Similarly how and what Pakistan’s foreign policy decisions would be taken was also a function of the Balance of Power within the Pakistani power construct. Not unexpectedly general Musharraf’s Kargil account is being vociferously contested from within Pakistan and from India. As one of the supporters of the expanding Kargil adventure, Musharraf cannot be expected to acknowledge the major politico-diplomatic downside of Kargil, just as the official Indian version of Kargil is unlikely to concede that Indian army had made no major military breakthroughs even till early July; a fact that most of the serious Indian media reports had acknowledged at the time of Kargil. It was India’s astute diplomacy that had salvaged India from a prolonged military disaster.

Conversely for Pakistan, which as soon as early June stood totally isolated on Kargil, it had got cornered on the politico-diplomatic front. Staying on in Kargil, in defiance of the entire international community and also with no ‘moral’ standing, was no policy option for Pakistan.

The Kargil episode not only reversed a peace process with India that Nawaz Sharif had started, and one that the Musharraf government would later seek to restart, but it also flagged the irresponsibility and brashness of the Pakistani State. But for the lingering memory of Kargil, especially within the Pakistani domestic context, today Musharraf the supporter of Kargil, on India and on Kashmir, stands in complete proximity to the man from who had taken the reins of power in the 1999 military coup. In 1999 sections of the Establishment had regretted the civilian elected Prime Minister’s Nawaz Sharif ‘soft line’ on India.
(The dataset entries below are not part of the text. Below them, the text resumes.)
//! `site`: keeps CloudEvents of several regions in step, and answers questions about them.
#![tactic(auto)]

mod system;

use database_commands::Opener;
use site_program::exit;
use site_system::{FileRuns, StatusLine};
use std::io::IsTerminal;
use std::process::ExitCode;
use system::{taken, words};

fn main(rt: HostRuntime) -> ExitCode {
    // Kept to the end, so that no file takes the place of a stream that is closed.
    let _taken = taken(&rt);
    let line = StatusLine::on(rt.stderr(), rt.stdout().is_terminal(), rt.alloc());
    let mut out = line.counting(rt.stdout());
    let databases = Opener::new(&rt);
    exit(
        &rt,
        &databases,
        &FileRuns::over(databases),
        words(&rt),
        &mut out,
        &mut rt.stderr(),
        &line,
    )
}
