//! How far a long command came, and more of why it was refused, for those who look on.
use crate::ending::Shown;
use inbox_table::{Unwatched, Watch};

/// Is told how far a command came. What it does changes nothing of what comes of the command.
pub trait Progress: Watch {
    /// So many of the program's files are left to read.
    fn left(&self, files: u64);

    /// So many lines of the program's stream are done: each was kept or refused, and acknowledged.
    fn lines(&self, count: u64);

    /// Nothing more is told on a terminal of how far the program came.
    fn over(&self);

    /// Whether somebody looks on at the program, for whom a hint is worth its time.
    fn is_watched(&self) -> bool;

    /// What can be done about a refusal, behind its error line.
    fn hint(&self, line: Shown, hint: &str);
}

impl Progress for Unwatched {
    fn left(&self, _files: u64) {}

    fn lines(&self, _count: u64) {}

    fn over(&self) {}

    fn is_watched(&self) -> bool {
        false
    }

    fn hint(&self, _line: Shown, _hint: &str) {}
}
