//! The files of the operating system, by their names.
ghost use Rattle.std.specs.Prelude.{◌≡◌, IfErr, IfOk, List, ℕ};
ghost use Rattle.site_commands.specs.Inputs.{MayBeRead, MayBeUnread, MayGive};

use crate::look::{LOOKED, Look, look_of};
use crate::progress::Progress;
use attributes::Octets;
use event_files::{Shelf, Unread, read_all};
use std::alloc::Global;
use std::cell::Cell;
use std::fs::File;
use std::io::{ErrorKind, Read};
use std::rt::Files;
use std::{fs, io};

/// A shelf whose files can be read as they come.
pub trait Streams: Shelf {
    /// A file that was opened.
    type Input: Read + Drop;

    /// Opens the program's file of that name, to be read from its beginning.
    fn open(&self, name: &str) -> Result<Self::Input, Unread>
        ensures input { IfOk result (λ input. (bytes : List ℕ)
            → MayGive (Self.Input.remaining input) bytes
            → Self.is_content self.now name.now bytes) }
        ensures unread { IfErr result (λ why. Self.is_unread self.now name.now why) };
}

/// A shelf on which one may look what a file seems to be.
pub trait Looks: Shelf {
    /// What the program's file of that name seems to be, for a hint.
    fn look(&self, name: &str) -> Look;
}

/// The files of the operating system; `-` is standard input. Before a file is read, it is told how
/// many of so many are left.
#[derive(Drop)]
pub struct SystemFiles<'a, R, P> {
    rt: &'a R,
    progress: &'a P,
    left: Cell<u64>,
    /// What standard input seemed to be when it was read, since it is read once.
    input: Cell<Look>,
}

impl<'a, R, P> SystemFiles<'a, R, P> {
    /// The program's files on the operating system, of which so many are left to read.
    pub fn new(rt: &'a R, progress: &'a P, left: u64) -> SystemFiles<'a, R, P> {
        SystemFiles {
            rt,
            progress,
            left: Cell::new(left),
            input: Cell::new(Look::Other),
        }
    }
}

impl<'a, R: AllocGlobal + Files, P: Progress> Shelf for SystemFiles<'a, R, P> {
    ghost is_content = { λ _. MayBeRead };

    ghost is_unread = { λ _. MayBeUnread };

    fn content(&self, alloc: Global, name: &str) -> Result<Octets, Unread> {
        let left = self.left.get();
        if left > 0 {
            self.progress.left(left);
            self.left.set(left - 1);
        }
        match File::open(self.rt, path_of(name)) {
            Ok(mut file) => {
                let read = read_all(alloc, &mut file);
                if name == "-" {
                    if let Ok(bytes) = &read {
                        self.input.set(look_of(bytes.as_bytes()));
                    }
                }
                read
            }
            Err(_) => Err(Unread::CannotRead),
        }
    }
}

impl<'a, R: AllocGlobal + Files, P: Progress> Looks for SystemFiles<'a, R, P> {
    fn look(&self, name: &str) -> Look {
        if name == "-" {
            return self.input.get();
        }
        match fs::metadata(self.rt, name) {
            Ok(found) if found.is_dir() => return Look::Folder,
            Ok(_) => {}
            Err(error) => return look_of_error(error.kind()),
        }
        match File::open(self.rt, name) {
            Ok(mut file) => look_into(&mut file),
            Err(error) => look_of_error(error.kind()),
        }
    }
}

/// What a file of the program seems to be that can be read, for a hint.
fn look_into<F: Read>(file: &mut F) -> Look {
    let mut bytes = [0; LOOKED];
    match file.read(&mut bytes) {
        Ok(count) => look_of(&bytes[..count]),
        Err(_) => Look::Other,
    }
}

/// What a file of the program is that isn't opened, for a hint.
fn look_of_error(kind: ErrorKind) -> Look {
    match kind {
        ErrorKind::NotFound => Look::Missing,
        ErrorKind::PermissionDenied => Look::Denied,
        _ => Look::Other,
    }
}

impl<'a, R: AllocGlobal + Files, P: Progress> Streams for SystemFiles<'a, R, P> {
    type Input = WatchedInput<'a, R::File, P>;

    fn open(&self, name: &str) -> Result<WatchedInput<'a, R::File, P>, Unread> {
        match File::open(self.rt, path_of(name)) {
            Ok(file) => Ok(WatchedInput {
                file,
                progress: self.progress,
                lines: 0,
            }),
            Err(_) => Err(Unread::CannotRead),
        }
    }
}

/// A file that is followed. A stream is read on only once all lines that were read whole are done
/// with, so each read tells how many these are.
#[derive(Drop)]
pub struct WatchedInput<'a, F, P> {
    file: F,
    progress: &'a P,
    lines: u64,
}

impl<'a, F: Read, P: Progress> Read for WatchedInput<'a, F, P> {
    fn read(&mut self, buf: &mut [u8]) -> io::Result<usize> {
        self.progress.lines(self.lines);
        let count = self.file.read(buf)?;
        let ends = buf[..count].iter().filter(|b| **b == b'\n').count();
        self.lines = self.lines.saturating_add(ends as u64);
        Ok(count)
    }
}

/// The operating system's path of the program's file: `-` is standard input.
fn path_of(name: &str) -> &str {
    if name == "-" { "/dev/stdin" } else { name }
}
Similarly the Establishment had also been critical of his ‘soft line’ on the US. In fact when the army removed the civilian Prime Minister, one of the first Nawaz Sharif decisions it overturned was regarding the presence of US troops in the Parachinar area of the NWFP. These troops had come to plan the kidnapping of Osama Bib Ladin. Also on support for the talibaan Nawaz Sharif was clearly veering away from supporting the plan. In fact his instruction to begin withdrawing support, especially given their support to sectarian forces within Pakistan was not supported by the Establishment. Hence, despite all its other flaws, the civilian leadership had opted for a strategic course correction on three key fronts India, terrorism and Afghanistan. But the Pakistani Establishment, the weightier force within Pakistan’s power construct, supported these policies. It had the ability to undermine the Prime Minister’s decision. It would take an Establishment man to re-orient these policies. And Musharraf did so, timely and ably.
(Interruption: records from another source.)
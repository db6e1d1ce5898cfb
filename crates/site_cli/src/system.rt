//! What the operating system gives: words, and the standard streams' places.
use attributes::Text;
use std::fs::File;
use std::rt::Files;
use std::{env, io};

/// Three handles on the system's null device, for reading alone. Where a standard stream is closed,
/// one takes its place, so that no file that is opened later does; a write there still fails.
pub fn taken<R: Files>(rt: &R) -> [Option<R::File>; 3] {
    [null_device(rt), null_device(rt), null_device(rt)]
}

/// A handle on the operating system's null device, where there is one.
fn null_device<R: Files>(rt: &R) -> Option<R::File> {
    File::open(rt, "/dev/null").ok()
}

/// The operating system's words after the program's name.
pub fn words(rt: &HostRuntime) -> io::Result<Vec<Text>> {
    let mut words = Vec::new(rt.alloc());
    for word in env::args(rt)?.skip(1) {
        words.push(Text::from_string(word))?;
    }
    Ok(words)
}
Other than convincingly advocating the Pakistan case internationally Musharraf’s memoirs have also made an important contribution within the Pakistani polity. They have triggered a very lively and frank debate on all key issues effecting Pakistan today. There are no holy cows any longer. Even retired generals and ISI men have joined the fray to contest Musharraf’s account of recent Pakistani history. The contestations will get more interesting if more combative. Many new verbal fronts will be opened ! However Musharraf’s views on democracy and his account of political history will be the most vigorously debated; the handling of Baluchistan, the changing rules of the democratic system he put in place etc.
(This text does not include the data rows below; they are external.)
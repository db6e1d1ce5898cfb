//! The command that keeps lines as they come, and acknowledges each.
ghost use Rattle.std.specs.Prelude.{◌≡◌, MatchResult};
ghost use Rattle.site_commands.specs.Endings.{EndsStream};
ghost use Rattle.site_commands.specs.Streams.{EndsSo, end_at, end_of_stream, unread_of};

use crate::ending::{DONE, REFUSED, say};
use crate::files::{Looks, Streams};
use crate::hint::hint_of;
use crate::line::Refusal;
use crate::names::Names;
use crate::progress::Progress;
use command_words::Follow;
use databases::{Databases, StreamFault};
use event_files::{Unread, UnreadAt};
use line_intake::LineFault;
use std::alloc::Global;
use std::io::Write;

/// How a stream ended.
#[derive(Clone, Copy, PartialEq, Eq, Debug)]
pub enum StreamEnd {
    /// At the end of its input, and no line was at fault.
    Done,
    /// So that a line on standard error says it.
    Refused(Refusal),
    /// An acknowledgement couldn't be written, and nothing more is.
    Unwritten,
}

/// Keeps the lines of a file in a database as they come, and acknowledges each on `out` once it is
/// kept; answers the status. What is wrong is said on `err`, once nothing more is acknowledged or
/// told.
pub fn follow<S: Streams + Looks, D: Databases + Drop, O: Write, E: Write, P: Progress>(
    alloc: Global,
    shelf: &S,
    databases: &D,
    plan: &Follow,
    out: &mut O,
    err: &mut E,
    progress: &P,
) -> u8
    ensures { EndsStream (S.is_content shelf.now) (S.is_unread shelf.now) plan.now result
        (O.contents out.old) (O.contents out.new) (E.contents err.old) (E.contents err.new) }
{
    let end = kept(
        alloc,
        shelf,
        databases,
        plan.db.as_str(),
        plan.file.as_str(),
        out,
    );
    progress.over();
    match end {
        StreamEnd::Done => DONE,
        StreamEnd::Refused(refusal) => {
            let names = Names::of_follow(plan);
            let hint = hint_of(alloc, shelf, databases, progress, names, refusal);
            say(alloc, names, refusal, hint, err, progress)
        }
        StreamEnd::Unwritten => REFUSED,
    }
}

/// Keeps the lines of a file in a database, and acknowledges each on `out`. The file is opened
/// before the database is.
fn kept<S: Streams, D: Databases, O: Write>(
    alloc: Global,
    shelf: &S,
    databases: &D,
    db: &str,
    file: &str,
    out: &mut O,
) -> StreamEnd
    ensures { EndsSo (S.is_content shelf.now) (S.is_unread shelf.now) file.now result
        (O.contents out.old) (O.contents out.new) }
{
    match shelf.open(file) {
        Ok(mut input) => {
            let ended = databases.follow(alloc, db, &mut input, out);
            end(ended)
        }
        Err(why) => StreamEnd::Refused(Refusal::Unread(UnreadAt { file: 0, why })),
    }
}

/// How a stream ended for the command `follow`: lines at fault are a refusal.
fn end(ended: Result<u64, StreamFault>) -> StreamEnd
    ensures { MatchResult ended (λ faults. result ≡ end_of_stream faults) (λ why. result ≡ end_at why) }
{
    match ended {
        Ok(faults) => end_of(faults),
        Err(StreamFault::Input(why)) => StreamEnd::Refused(Refusal::Unread(unread_of(why))),
        Err(StreamFault::Database(why)) => StreamEnd::Refused(Refusal::Database(why)),
        Err(StreamFault::Unwritten) => StreamEnd::Unwritten,
    }
}

/// How a command's stream ended that came to the end of its input, with so many lines at fault.
#[tactic(auto, using(crate::proofs::StreamLemmas::end_of_some))]
pub fn end_of(faults: u64) -> StreamEnd
    ensures { result ≡ end_of_stream faults }
{
    if faults == 0 {
        return StreamEnd::Done;
    }
    StreamEnd::Refused(Refusal::Lines(faults))
}

/// A command's input that couldn't be read on, as a file that wasn't read.
pub fn unread_of(why: LineFault) -> UnreadAt
    ensures { result ≡ unread_of why }
{
    match why {
        LineFault::OutOfMemory => UnreadAt {
            file: 0,
            why: Unread::OutOfMemory,
        },
        LineFault::CannotRead => UnreadAt {
            file: 0,
            why: Unread::CannotRead,
        },
    }
}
For Musharraf meanwhile what he already knows, will be reinforced further. Despite all his positive contributions Musharraf the unelected man in uniform will not be politically accepted within Pakistan. As of now he has made very little dent into the vote bank of the PPP and PML-N. His option is to either reach out or strike a deal with the mainstream political parties or remove his uniform to step into the political fray himself. A military president is a liability for a Pakistan that requires tremendous bridge-building and a healing touch within.